* PROBLEM DESCRIPTION: Could you filter the data below down to the lines that hold the word "round"?

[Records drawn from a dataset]
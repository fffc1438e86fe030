//! One core of an emulation: it owns some of the pipes, keeps the payloads of the packets that enter there, runs its visits window by
//! window, and trades parcels with the other cores over any ports.
//!
//! It depends on parcel, payload_store, deadline_heap, journal, pipe and mn_base. Its contracts speak of `CoreView`
//! (specs/CoreView.antt), of what a core has between its turns, `CoreStands` (specs/WorldState.antt), and of turns (specs/Turns.antt).
#![tactic(auto)]

mod entering;
mod entrants;
mod handing;
mod one_core;
mod own_pipes;
mod peer;
mod round;
mod stores;
mod tally;
mod told;
mod trading;
mod turn;
mod turning;
mod work;

pub use one_core::Core;
pub use stores::stock;
pub use tally::Tally;
pub use turn::{PortName, Turn};
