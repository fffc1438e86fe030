use parcel::Note;
use std::marker::Model;

/// A note, and the core for which it is.
#[derive(Drop)]
pub(crate) struct Told {
    pub receiver: u32,
    pub note: Note,
}

impl Model for Told {
    ghost use Rattle.parcel.specs.Told as told;

    ghost Value = { told.Told };

    ghost view = { λ t. record { receiver = t.receiver; note = t.note } };
}
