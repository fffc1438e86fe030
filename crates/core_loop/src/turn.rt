/// A port of a core, named by the other core.
#[derive(Clone, Copy, Debug, PartialEq, Eq)]
pub enum PortName {
    /// The box to that core.
    Post(u32),
    /// The box from that core.
    Take(u32),
}

/// What came of a turn of a core.
#[derive(Clone, Copy, Debug, PartialEq, Eq)]
pub enum Turn {
    /// It posted or took a parcel or ran a window, and isn't done.
    Moved,
    /// It did nothing: this port refused, and each other one refused that it still is to use in this round.
    Waiting { on: PortName },
    /// All its windows are run, and all its parcels are posted and taken.
    Done,
    /// It found no memory, now or in an earlier turn, and does nothing more.
    NoMemory,
}
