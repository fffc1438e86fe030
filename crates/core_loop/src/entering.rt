//! What a core notes of the packets that enter there, at its start.

ghost use Rattle.std.specs.Prelude.{◌≡◌, ◌==◌, Some, length, filter, OnOk};
ghost use Rattle.mn_base.specs.Among.{Among};
ghost use Rattle.journal.specs.SetupView.{packet_of};
ghost use Rattle.journal.specs.Hops.{entry};
ghost use Rattle.core_loop.specs.Entering.{EntersBy, EntersAll, CanEnter, CanEnterAll};

use crate::entrants::Entrants;
use crate::work::Work;
use journal::steps::first_due;
use journal::{Fate, PacketPlan, Setup};
use mn_base::NoMemory;
use std::alloc::Global;

/// Notes the first visits of the packets that enter at a core, and settles those that have no way to go.
pub(crate) fn enter_all(
    alloc: Global,
    setup: &Setup,
    work: &mut Work,
    entrants: &mut Entrants,
) -> Result<(), NoMemory>
    requires setup { work.old.setup ≡ setup.now }
    requires can { CanEnterAll work.old.number setup.now.packets work.old.heap entrants.old }
    ensures { OnOk result (EntersAll setup.now setup.now.packets work.old entrants.old work.new entrants.new) }
{
    let number = work.number();
    for plan in &setup.parts().packets {
        if plan.core == number {
            enter(alloc, setup, work, entrants, *plan)?;
        }
    }
    Ok(())
}

/// Notes the first visit of a packet, or settles it, if it has no way to go.
fn enter(
    alloc: Global,
    setup: &Setup,
    work: &mut Work,
    entrants: &mut Entrants,
    plan: PacketPlan,
) -> Result<(), NoMemory>
    requires setup { work.old.setup ≡ setup.now }
    requires among { Among plan setup.now.packets }
    requires known { packet_of setup.now plan.number ≡ Some plan }
    requires can { CanEnter plan work.old.heap entrants.old }
    ensures { OnOk result (EntersBy plan (entry setup.now plan) work.old entrants.old work.new entrants.new) }
{
    match first_due(setup, plan) {
        Some(due) => work.announce(alloc, due, plan),
        None => {
            let fate = Fate::Left {
                tick: plan.entry_tick,
            };
            entrants.settle(plan.number, fate);
            Ok(())
        }
    }
}

/// How many packets enter at a core.
pub(crate) fn count_entrants(setup: &Setup, core: u32) -> u64
    ensures { result ≡ length (filter (λ p. p.core == core) setup.now.packets) }
{
    let mut count = 0;
    for plan in &setup.parts().packets {
        if plan.core == core {
            count += 1;
        }
    }
    count
}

* EXERCISE OUTPUT:
mod round;
    /// It did nothing: this port refused, and each other one refused that it still is to use in this round.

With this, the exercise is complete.